═════ EXERCISE MATERIAL ═════

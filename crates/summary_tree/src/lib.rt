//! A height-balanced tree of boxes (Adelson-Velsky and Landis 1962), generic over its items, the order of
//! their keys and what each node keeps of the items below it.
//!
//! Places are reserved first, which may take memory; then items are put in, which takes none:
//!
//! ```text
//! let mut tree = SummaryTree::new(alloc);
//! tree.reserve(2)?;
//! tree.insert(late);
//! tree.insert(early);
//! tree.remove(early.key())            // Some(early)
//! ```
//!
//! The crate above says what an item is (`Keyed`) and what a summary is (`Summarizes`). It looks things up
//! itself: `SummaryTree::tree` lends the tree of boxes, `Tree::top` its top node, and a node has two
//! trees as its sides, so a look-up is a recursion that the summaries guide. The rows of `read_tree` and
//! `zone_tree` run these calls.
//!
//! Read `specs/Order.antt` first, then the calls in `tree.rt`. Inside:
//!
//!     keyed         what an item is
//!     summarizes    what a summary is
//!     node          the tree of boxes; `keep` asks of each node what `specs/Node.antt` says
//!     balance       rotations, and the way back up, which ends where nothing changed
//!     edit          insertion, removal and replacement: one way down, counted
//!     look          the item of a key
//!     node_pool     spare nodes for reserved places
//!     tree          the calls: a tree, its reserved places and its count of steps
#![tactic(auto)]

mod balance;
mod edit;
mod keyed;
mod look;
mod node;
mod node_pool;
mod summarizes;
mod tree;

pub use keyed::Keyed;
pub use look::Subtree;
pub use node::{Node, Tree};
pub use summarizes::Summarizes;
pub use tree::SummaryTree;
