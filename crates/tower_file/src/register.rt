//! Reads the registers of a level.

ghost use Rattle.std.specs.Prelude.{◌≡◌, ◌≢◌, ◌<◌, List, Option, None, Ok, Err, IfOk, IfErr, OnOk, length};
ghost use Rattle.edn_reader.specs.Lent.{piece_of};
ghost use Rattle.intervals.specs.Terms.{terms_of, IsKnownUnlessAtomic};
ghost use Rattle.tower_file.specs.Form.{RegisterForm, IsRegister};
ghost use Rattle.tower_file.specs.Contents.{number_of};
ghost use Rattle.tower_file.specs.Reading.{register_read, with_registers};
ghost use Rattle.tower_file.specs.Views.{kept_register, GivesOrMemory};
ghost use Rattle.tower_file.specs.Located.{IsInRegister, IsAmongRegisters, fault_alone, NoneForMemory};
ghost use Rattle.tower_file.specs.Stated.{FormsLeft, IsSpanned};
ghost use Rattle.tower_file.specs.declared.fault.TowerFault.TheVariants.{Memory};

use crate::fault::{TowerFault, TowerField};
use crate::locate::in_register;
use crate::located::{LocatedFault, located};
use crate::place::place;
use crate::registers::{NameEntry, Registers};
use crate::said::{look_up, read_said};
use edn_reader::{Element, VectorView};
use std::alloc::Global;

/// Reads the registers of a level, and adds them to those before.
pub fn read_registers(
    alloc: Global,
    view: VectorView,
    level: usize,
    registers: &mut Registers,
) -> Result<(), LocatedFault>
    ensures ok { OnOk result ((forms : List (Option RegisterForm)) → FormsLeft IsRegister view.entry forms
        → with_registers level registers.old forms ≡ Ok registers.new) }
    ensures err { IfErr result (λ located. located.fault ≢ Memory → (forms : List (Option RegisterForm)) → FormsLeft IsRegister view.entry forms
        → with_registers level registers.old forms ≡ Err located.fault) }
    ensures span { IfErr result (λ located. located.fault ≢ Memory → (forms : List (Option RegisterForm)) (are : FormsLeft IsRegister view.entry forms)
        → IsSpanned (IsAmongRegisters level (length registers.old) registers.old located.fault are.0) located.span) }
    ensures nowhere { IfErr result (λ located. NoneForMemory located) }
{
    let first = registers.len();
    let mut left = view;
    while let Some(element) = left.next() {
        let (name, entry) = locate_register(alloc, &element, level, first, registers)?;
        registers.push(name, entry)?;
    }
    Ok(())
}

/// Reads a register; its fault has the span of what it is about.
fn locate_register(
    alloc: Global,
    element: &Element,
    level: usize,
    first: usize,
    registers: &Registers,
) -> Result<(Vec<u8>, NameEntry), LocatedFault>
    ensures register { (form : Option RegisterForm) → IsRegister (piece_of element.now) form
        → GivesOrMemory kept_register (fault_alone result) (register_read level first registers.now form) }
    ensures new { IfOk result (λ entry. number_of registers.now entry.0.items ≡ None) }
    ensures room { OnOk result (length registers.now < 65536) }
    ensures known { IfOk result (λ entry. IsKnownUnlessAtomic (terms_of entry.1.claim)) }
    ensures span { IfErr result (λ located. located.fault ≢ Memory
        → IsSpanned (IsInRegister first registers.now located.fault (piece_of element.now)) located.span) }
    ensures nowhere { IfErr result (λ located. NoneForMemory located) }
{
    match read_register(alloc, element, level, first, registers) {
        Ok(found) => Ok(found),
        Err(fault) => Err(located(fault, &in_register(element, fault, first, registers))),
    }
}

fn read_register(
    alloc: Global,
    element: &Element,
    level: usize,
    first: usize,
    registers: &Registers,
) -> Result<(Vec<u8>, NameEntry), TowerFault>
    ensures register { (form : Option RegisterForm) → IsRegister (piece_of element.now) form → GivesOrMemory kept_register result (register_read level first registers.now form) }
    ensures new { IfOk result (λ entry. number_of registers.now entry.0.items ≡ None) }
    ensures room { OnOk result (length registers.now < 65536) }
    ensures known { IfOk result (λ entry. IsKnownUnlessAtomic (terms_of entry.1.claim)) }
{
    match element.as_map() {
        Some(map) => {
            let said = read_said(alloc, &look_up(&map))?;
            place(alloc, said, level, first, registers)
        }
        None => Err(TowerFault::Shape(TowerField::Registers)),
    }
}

═════

Beginning at the top of the data, please return every line until and including the line containing "looks things up", copied exactly, and nothing past it.

filename crates/summary_tree/src/lib.rt
//! A height-balanced tree of boxes (Adelson-Velsky and Landis 1962), generic over its items, the order of
//! their keys and what each node keeps of the items below it.
//!
//! Places are reserved first, which may take memory; then items are put in, which takes none:
//!
//! ```text
//! let mut tree = SummaryTree::new(alloc);
//! tree.reserve(2)?;
//! tree.insert(late);
//! tree.insert(early);
//! tree.remove(early.key())            // Some(early)
//! ```
//!
//! The crate above says what an item is (`Keyed`) and what a summary is (`Summarizes`). It looks things up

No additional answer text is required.